Stored data:

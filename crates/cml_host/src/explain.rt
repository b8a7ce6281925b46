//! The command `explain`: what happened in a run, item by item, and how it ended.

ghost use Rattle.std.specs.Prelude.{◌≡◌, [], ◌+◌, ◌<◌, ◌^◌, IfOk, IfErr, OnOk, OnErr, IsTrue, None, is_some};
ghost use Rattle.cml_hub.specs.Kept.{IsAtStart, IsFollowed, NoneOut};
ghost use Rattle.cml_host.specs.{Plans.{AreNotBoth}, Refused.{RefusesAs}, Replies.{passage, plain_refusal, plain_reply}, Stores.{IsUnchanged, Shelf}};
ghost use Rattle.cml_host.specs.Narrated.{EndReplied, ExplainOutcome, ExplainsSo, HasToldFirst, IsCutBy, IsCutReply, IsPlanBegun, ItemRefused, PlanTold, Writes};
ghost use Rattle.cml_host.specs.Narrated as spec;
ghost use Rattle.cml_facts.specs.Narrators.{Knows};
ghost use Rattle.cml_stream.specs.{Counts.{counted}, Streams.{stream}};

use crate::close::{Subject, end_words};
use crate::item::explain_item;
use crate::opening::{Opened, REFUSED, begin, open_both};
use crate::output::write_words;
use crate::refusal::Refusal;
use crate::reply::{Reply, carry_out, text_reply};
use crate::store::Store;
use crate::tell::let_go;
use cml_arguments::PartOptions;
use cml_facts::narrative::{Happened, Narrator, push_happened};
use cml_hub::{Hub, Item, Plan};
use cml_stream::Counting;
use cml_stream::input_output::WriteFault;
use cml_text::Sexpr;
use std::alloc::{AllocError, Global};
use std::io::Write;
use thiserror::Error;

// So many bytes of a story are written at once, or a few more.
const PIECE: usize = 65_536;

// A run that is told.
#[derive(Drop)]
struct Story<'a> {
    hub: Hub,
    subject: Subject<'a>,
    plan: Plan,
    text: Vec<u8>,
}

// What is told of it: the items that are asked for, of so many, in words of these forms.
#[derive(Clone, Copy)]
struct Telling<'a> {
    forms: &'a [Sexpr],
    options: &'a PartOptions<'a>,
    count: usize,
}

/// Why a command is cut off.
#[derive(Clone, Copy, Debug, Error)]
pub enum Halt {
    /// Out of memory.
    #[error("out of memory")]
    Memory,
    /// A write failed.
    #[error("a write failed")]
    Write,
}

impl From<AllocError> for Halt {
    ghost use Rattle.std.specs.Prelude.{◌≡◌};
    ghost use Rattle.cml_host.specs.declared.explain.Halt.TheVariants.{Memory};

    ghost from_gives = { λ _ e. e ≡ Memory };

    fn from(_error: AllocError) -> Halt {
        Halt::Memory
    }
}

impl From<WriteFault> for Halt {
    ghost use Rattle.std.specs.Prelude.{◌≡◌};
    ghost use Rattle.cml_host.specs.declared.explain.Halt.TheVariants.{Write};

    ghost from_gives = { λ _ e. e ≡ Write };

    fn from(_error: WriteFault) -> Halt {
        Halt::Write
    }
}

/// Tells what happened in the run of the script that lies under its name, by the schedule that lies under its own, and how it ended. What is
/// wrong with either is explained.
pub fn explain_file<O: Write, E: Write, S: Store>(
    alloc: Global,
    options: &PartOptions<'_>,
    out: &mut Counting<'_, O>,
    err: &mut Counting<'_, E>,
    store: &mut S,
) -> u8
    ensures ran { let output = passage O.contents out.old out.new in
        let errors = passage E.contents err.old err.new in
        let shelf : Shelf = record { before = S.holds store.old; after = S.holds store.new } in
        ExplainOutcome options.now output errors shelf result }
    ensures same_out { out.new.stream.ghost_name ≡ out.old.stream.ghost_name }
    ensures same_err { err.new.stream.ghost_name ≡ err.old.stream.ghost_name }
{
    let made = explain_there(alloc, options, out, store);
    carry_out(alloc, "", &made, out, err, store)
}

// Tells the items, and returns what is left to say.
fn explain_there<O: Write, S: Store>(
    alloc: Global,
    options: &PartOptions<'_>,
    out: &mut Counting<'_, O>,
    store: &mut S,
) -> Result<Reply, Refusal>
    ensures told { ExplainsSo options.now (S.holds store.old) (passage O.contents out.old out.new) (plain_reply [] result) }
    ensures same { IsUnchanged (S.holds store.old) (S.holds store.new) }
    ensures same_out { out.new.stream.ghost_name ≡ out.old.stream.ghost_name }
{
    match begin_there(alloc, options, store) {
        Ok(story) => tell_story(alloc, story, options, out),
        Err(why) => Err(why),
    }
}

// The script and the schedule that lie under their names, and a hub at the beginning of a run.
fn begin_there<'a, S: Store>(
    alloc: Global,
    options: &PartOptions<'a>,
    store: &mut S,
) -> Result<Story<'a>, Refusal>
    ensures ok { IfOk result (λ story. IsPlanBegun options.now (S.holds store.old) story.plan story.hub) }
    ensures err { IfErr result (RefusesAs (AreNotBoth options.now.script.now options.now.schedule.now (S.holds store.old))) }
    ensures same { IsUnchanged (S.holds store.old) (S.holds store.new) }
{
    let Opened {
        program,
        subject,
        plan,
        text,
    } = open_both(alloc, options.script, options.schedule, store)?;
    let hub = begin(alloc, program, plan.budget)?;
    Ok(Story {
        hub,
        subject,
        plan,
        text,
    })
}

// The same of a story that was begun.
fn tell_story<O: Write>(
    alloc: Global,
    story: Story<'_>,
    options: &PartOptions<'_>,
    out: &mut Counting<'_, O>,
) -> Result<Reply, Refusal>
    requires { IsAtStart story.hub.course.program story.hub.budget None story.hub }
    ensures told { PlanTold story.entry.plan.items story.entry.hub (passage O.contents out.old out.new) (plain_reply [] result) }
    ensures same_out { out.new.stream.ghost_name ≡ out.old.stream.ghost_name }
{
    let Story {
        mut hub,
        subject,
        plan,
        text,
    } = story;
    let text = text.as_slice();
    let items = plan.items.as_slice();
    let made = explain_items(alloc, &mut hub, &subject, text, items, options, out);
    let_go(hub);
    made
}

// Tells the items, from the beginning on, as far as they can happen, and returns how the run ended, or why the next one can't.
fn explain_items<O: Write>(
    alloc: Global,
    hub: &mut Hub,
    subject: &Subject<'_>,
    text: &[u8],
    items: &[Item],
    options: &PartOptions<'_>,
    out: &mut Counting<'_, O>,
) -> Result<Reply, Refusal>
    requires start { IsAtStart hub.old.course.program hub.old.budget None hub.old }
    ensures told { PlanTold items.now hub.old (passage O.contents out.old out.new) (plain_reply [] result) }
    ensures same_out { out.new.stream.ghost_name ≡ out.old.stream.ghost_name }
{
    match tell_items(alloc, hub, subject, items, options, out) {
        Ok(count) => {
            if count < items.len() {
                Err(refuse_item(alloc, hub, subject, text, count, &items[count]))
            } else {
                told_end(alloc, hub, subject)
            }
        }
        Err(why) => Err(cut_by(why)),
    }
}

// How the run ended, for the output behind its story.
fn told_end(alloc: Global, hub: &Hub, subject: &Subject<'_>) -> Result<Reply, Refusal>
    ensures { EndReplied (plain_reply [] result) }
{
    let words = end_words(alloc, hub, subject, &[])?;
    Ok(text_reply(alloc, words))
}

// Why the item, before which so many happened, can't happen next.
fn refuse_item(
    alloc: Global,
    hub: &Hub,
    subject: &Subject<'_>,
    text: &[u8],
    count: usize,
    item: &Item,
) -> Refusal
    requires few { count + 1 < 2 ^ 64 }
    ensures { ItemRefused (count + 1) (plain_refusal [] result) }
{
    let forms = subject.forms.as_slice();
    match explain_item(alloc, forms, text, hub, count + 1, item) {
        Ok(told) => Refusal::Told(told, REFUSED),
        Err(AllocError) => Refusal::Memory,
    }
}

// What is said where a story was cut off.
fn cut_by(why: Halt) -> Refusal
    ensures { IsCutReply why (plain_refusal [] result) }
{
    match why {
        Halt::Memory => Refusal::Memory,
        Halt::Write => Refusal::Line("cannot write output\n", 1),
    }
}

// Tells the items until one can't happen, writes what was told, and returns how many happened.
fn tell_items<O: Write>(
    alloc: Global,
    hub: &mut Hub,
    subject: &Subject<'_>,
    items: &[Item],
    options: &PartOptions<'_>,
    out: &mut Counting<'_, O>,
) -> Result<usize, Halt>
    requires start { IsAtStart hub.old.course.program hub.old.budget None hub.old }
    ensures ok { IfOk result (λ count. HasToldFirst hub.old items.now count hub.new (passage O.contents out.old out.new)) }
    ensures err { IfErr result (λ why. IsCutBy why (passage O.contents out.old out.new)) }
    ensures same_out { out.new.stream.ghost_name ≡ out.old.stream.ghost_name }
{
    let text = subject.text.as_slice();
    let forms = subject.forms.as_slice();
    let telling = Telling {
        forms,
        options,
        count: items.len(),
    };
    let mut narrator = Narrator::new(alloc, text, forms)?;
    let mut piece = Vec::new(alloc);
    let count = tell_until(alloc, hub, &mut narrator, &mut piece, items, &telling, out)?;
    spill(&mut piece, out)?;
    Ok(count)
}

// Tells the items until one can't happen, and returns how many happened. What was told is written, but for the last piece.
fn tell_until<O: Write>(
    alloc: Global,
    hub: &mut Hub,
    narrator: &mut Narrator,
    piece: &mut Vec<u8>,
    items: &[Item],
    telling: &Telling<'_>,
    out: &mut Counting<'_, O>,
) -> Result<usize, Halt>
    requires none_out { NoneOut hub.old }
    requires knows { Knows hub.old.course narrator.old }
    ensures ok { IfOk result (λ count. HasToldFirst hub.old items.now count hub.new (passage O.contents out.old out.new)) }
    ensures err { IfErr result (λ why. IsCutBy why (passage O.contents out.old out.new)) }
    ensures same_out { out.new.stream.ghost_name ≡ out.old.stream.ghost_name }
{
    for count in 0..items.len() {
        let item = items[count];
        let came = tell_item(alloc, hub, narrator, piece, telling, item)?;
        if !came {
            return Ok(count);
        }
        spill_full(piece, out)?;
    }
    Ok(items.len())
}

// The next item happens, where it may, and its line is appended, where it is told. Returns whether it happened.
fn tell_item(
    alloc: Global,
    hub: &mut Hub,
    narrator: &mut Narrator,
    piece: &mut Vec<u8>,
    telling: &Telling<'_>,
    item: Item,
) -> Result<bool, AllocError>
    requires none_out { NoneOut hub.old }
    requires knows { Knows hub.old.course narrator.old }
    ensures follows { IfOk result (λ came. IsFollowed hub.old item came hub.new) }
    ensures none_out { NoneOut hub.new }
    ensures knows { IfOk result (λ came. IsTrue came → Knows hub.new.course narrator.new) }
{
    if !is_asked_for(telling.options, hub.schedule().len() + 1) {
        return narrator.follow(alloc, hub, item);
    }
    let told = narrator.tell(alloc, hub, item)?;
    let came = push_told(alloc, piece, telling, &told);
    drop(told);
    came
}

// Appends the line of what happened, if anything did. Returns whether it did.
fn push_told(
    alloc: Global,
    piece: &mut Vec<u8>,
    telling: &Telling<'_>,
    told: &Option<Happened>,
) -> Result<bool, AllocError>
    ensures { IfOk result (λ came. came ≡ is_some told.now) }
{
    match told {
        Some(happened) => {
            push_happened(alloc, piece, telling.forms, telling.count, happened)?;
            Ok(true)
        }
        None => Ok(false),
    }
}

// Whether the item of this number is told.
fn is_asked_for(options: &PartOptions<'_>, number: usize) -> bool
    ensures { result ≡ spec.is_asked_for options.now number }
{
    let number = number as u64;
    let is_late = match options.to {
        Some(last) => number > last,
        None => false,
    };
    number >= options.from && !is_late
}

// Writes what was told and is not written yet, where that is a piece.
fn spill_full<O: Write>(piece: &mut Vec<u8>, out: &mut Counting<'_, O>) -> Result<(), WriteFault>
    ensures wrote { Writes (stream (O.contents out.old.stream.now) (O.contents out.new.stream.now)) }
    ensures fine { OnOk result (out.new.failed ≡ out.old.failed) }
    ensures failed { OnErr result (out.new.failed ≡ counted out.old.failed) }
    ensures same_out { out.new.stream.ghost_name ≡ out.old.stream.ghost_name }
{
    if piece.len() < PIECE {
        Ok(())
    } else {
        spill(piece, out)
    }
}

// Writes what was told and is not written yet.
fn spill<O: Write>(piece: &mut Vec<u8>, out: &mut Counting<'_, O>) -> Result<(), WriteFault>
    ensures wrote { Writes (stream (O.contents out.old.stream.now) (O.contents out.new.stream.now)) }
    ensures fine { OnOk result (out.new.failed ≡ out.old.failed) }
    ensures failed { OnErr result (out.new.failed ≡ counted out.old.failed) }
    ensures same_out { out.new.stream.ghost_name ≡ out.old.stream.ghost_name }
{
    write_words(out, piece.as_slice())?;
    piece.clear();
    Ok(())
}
---
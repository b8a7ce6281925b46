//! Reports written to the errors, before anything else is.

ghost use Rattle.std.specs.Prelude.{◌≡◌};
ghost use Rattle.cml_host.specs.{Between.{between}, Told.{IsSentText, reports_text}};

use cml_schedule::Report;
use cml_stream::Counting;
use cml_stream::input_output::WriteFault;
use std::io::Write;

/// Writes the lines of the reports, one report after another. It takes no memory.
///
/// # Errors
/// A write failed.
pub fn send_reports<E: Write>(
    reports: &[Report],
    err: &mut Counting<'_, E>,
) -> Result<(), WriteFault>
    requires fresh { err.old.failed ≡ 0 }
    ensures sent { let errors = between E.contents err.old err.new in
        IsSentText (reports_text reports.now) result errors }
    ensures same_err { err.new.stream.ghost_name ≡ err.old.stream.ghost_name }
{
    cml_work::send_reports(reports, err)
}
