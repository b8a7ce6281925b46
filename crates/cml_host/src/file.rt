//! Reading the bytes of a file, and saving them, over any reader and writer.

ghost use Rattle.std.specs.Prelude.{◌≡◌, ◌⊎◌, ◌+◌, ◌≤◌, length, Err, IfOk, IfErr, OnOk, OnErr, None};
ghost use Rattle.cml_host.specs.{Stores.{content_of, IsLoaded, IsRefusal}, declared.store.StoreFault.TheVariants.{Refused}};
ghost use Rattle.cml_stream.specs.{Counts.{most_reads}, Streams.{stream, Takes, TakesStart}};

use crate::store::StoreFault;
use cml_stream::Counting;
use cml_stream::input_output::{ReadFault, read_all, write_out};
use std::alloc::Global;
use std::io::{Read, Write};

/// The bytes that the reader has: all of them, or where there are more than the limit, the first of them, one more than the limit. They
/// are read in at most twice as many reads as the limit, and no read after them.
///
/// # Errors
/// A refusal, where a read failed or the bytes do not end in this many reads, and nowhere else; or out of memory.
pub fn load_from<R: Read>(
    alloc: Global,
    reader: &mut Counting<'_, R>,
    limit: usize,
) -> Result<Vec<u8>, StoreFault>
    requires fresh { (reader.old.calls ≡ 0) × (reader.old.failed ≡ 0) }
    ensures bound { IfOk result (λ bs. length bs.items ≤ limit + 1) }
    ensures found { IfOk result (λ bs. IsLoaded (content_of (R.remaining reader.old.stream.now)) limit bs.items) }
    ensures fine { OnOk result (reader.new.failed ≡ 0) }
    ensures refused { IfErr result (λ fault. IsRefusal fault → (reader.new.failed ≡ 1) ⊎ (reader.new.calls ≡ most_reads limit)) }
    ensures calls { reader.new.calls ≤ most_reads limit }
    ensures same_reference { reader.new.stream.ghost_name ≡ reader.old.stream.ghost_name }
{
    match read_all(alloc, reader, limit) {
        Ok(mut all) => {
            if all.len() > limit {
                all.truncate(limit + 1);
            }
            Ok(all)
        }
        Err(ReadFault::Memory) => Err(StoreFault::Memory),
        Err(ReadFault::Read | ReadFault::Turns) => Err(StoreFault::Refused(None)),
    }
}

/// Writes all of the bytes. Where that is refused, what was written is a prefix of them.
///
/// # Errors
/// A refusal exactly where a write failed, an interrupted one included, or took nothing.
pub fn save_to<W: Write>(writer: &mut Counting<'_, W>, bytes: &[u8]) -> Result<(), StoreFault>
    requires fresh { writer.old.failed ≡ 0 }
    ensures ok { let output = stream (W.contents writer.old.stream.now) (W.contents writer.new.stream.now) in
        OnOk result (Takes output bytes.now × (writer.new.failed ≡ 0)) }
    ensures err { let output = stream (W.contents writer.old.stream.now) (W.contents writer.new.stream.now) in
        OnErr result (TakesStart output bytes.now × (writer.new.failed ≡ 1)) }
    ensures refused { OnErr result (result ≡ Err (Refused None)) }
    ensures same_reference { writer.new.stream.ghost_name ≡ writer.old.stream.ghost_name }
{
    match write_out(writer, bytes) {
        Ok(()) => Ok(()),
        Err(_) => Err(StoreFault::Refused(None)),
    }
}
--
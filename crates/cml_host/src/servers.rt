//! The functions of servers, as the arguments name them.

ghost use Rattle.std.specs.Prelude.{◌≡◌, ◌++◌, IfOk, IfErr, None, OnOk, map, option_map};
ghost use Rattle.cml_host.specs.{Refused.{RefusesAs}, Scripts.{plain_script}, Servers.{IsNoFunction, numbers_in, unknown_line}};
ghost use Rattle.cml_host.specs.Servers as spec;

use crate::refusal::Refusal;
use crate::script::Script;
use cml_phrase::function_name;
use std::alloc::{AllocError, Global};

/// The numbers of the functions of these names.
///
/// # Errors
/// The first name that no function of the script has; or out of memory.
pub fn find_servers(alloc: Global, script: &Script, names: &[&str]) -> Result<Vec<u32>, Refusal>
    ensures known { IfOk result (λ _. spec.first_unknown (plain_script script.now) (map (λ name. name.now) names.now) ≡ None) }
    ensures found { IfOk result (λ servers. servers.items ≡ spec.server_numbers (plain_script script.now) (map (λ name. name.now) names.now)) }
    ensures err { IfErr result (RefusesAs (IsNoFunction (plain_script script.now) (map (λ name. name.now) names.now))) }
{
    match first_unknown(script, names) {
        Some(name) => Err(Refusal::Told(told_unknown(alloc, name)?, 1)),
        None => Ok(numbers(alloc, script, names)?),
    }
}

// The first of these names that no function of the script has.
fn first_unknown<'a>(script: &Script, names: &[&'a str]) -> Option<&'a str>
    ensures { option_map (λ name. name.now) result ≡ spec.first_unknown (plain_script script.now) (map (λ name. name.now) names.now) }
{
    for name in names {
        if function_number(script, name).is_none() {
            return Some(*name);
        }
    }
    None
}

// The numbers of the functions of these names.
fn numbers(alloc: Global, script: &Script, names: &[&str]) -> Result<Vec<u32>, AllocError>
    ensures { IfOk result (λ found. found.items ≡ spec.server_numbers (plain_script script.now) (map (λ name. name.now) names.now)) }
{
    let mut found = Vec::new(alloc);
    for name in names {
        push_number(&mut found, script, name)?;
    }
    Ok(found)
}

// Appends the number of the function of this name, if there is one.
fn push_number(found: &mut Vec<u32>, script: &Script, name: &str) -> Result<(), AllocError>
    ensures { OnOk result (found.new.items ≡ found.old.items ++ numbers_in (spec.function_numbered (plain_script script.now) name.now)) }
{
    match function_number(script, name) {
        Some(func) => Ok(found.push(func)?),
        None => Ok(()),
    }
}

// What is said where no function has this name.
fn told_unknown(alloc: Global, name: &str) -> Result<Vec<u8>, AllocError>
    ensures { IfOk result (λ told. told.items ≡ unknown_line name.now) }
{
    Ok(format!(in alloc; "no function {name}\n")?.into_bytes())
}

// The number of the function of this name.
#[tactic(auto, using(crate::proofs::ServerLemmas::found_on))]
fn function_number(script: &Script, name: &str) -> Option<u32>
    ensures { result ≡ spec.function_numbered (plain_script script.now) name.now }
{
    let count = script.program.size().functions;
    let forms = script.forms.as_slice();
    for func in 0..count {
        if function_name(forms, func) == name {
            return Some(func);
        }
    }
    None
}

EXERCISE GOAL: Could you give the number of lines in the data above that contain the string "Narrated", with no other words?

SOLUTION TO THE EXERCISE: 2